Output only the lines of the entries that follow, starting at the one with "let mut escaped = false;" and running down to the one with "else if class", both included and unchanged.

:: Source material

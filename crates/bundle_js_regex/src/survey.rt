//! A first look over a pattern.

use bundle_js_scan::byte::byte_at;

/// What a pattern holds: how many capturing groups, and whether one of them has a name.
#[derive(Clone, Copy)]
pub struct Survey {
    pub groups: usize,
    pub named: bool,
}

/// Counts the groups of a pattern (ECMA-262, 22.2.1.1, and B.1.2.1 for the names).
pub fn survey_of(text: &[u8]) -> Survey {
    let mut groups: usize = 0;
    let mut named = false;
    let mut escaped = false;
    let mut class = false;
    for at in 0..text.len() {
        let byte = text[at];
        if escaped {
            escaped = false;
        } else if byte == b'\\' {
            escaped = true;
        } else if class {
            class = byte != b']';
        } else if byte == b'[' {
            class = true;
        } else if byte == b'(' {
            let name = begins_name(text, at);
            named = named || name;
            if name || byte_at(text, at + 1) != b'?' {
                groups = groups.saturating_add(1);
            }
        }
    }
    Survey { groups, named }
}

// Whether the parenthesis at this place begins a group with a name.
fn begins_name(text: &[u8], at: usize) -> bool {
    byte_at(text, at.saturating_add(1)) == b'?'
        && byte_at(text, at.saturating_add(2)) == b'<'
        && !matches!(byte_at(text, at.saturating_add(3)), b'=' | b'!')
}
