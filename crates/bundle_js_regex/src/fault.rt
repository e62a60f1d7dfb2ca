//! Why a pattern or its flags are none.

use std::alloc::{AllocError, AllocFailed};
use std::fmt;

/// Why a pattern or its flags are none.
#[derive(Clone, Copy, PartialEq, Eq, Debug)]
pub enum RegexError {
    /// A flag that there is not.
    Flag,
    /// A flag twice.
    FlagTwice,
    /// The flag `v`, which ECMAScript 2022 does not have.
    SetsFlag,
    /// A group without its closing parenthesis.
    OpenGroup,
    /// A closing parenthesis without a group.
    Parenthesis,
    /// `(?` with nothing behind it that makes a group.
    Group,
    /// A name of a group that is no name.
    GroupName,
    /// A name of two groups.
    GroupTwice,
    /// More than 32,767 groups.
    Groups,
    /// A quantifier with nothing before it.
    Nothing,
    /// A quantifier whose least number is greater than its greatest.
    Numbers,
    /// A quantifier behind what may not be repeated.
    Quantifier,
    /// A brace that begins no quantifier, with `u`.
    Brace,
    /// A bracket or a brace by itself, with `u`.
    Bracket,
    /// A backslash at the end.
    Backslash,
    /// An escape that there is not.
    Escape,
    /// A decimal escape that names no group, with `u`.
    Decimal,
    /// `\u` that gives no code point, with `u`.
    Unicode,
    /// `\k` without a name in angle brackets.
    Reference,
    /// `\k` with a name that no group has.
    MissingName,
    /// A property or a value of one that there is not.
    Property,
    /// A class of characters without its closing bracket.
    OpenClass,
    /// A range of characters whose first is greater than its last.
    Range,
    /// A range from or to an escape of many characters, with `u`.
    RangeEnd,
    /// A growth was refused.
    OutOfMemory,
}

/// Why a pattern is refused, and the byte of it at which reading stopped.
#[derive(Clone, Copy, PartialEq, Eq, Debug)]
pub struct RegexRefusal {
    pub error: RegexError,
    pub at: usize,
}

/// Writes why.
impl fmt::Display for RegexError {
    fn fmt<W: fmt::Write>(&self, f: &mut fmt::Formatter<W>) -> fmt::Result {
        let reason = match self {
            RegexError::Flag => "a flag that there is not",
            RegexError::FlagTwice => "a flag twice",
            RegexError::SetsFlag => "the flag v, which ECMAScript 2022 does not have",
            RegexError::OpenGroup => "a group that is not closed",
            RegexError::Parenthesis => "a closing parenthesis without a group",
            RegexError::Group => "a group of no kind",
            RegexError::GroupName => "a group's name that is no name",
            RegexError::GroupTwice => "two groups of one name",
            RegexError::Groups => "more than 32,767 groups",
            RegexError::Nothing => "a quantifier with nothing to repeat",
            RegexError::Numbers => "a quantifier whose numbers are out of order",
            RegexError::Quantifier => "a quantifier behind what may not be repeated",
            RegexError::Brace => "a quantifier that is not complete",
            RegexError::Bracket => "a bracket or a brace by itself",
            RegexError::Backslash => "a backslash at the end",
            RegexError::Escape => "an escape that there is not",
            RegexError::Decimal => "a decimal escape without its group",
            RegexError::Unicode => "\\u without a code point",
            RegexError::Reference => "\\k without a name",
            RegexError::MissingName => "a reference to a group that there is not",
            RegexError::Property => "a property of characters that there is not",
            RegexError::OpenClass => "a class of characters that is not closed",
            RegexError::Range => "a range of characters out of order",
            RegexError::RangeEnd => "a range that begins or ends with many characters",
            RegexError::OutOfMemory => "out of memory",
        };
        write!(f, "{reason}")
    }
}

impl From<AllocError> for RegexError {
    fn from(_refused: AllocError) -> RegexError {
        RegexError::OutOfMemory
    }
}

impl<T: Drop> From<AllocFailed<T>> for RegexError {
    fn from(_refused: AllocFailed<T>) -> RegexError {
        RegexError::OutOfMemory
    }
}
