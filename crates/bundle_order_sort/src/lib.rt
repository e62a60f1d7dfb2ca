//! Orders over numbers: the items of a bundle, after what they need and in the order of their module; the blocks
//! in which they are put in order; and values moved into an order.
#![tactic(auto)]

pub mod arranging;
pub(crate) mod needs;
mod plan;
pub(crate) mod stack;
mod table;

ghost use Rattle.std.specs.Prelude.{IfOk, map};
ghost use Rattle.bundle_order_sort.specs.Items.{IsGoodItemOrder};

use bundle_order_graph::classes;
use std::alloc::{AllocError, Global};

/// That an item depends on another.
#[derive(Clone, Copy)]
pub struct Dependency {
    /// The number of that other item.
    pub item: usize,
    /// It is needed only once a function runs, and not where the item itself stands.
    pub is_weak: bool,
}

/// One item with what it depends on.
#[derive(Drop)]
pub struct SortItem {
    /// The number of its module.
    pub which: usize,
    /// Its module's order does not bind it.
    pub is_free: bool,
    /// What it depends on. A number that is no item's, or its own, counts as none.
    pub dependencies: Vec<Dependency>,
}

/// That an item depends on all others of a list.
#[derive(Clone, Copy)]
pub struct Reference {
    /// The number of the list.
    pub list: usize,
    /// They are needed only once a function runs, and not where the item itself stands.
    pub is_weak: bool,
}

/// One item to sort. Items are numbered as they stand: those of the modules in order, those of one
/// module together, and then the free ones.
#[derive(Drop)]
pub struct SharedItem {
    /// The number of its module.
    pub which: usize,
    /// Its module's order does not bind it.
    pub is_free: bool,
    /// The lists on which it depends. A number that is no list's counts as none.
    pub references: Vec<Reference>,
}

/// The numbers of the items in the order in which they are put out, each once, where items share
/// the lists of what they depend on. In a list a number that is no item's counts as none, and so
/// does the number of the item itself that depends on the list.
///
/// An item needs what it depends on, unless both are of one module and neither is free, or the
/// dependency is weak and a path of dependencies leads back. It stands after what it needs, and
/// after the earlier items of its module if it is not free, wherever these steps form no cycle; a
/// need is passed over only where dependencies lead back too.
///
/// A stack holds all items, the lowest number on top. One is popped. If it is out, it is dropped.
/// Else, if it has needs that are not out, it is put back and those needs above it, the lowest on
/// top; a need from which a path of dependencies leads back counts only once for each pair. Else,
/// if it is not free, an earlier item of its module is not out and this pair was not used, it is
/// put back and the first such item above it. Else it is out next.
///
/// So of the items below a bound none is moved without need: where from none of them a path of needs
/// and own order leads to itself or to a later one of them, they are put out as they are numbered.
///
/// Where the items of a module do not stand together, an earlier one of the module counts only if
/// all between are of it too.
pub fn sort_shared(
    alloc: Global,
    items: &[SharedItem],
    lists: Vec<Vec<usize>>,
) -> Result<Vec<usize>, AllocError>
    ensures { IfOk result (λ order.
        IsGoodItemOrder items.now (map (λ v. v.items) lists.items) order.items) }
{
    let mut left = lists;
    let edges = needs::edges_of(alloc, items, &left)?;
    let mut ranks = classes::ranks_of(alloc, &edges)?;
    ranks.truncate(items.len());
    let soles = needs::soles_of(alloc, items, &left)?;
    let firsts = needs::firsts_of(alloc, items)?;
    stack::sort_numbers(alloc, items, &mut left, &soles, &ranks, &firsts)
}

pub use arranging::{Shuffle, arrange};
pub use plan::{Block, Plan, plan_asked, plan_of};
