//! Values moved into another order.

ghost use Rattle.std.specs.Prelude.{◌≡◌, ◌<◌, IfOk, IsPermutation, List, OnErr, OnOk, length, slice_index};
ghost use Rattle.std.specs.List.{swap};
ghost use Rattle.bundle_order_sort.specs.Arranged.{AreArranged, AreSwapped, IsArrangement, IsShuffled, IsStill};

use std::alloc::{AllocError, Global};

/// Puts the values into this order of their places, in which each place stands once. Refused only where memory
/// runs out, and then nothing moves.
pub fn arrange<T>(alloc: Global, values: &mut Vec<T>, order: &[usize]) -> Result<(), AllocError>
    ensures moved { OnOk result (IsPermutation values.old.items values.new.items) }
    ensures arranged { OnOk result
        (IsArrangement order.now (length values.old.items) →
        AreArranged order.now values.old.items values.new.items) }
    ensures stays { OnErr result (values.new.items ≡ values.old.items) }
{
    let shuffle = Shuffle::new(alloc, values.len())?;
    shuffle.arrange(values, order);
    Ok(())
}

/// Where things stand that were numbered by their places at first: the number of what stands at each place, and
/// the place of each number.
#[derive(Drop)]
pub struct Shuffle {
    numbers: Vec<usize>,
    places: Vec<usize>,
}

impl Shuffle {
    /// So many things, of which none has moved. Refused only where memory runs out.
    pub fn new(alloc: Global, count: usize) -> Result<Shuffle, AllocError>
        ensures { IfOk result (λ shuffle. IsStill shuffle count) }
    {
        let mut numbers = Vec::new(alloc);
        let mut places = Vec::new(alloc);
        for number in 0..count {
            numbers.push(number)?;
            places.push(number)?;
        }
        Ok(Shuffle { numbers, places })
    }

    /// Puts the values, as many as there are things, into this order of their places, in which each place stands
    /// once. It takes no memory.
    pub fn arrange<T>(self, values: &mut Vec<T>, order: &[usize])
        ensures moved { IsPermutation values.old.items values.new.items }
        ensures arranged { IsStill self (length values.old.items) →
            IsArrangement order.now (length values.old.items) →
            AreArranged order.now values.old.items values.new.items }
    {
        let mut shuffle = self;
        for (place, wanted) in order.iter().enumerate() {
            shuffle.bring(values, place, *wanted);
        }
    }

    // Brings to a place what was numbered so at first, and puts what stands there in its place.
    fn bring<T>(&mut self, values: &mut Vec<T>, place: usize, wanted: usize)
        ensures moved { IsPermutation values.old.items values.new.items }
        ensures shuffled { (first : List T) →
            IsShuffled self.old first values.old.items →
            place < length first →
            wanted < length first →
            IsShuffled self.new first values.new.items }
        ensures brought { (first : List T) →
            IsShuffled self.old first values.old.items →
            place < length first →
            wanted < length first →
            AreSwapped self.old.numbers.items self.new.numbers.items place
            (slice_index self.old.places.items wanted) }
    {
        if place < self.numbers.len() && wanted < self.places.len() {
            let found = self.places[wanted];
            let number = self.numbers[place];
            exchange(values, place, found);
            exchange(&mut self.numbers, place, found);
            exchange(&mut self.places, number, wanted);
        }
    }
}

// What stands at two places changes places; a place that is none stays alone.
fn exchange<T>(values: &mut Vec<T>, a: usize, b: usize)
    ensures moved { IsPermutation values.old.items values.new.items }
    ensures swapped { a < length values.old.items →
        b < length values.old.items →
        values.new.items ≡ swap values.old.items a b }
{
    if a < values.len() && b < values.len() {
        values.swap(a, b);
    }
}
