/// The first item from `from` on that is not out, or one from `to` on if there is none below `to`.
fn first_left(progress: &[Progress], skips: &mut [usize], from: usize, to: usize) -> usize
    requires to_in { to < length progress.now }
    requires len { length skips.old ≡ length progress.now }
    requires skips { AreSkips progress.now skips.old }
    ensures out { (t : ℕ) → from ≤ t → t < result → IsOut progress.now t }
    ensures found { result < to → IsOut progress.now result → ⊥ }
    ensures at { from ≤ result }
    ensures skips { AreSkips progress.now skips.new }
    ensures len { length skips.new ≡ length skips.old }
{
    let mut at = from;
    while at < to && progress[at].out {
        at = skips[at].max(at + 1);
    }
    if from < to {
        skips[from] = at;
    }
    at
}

::::

Result below:
    let mut escaped = false;
    let mut class = false;
    for at in 0..text.len() {
        let byte = text[at];
        if escaped {
            escaped = false;
        } else if byte == b'\\' {
            escaped = true;
        } else if class {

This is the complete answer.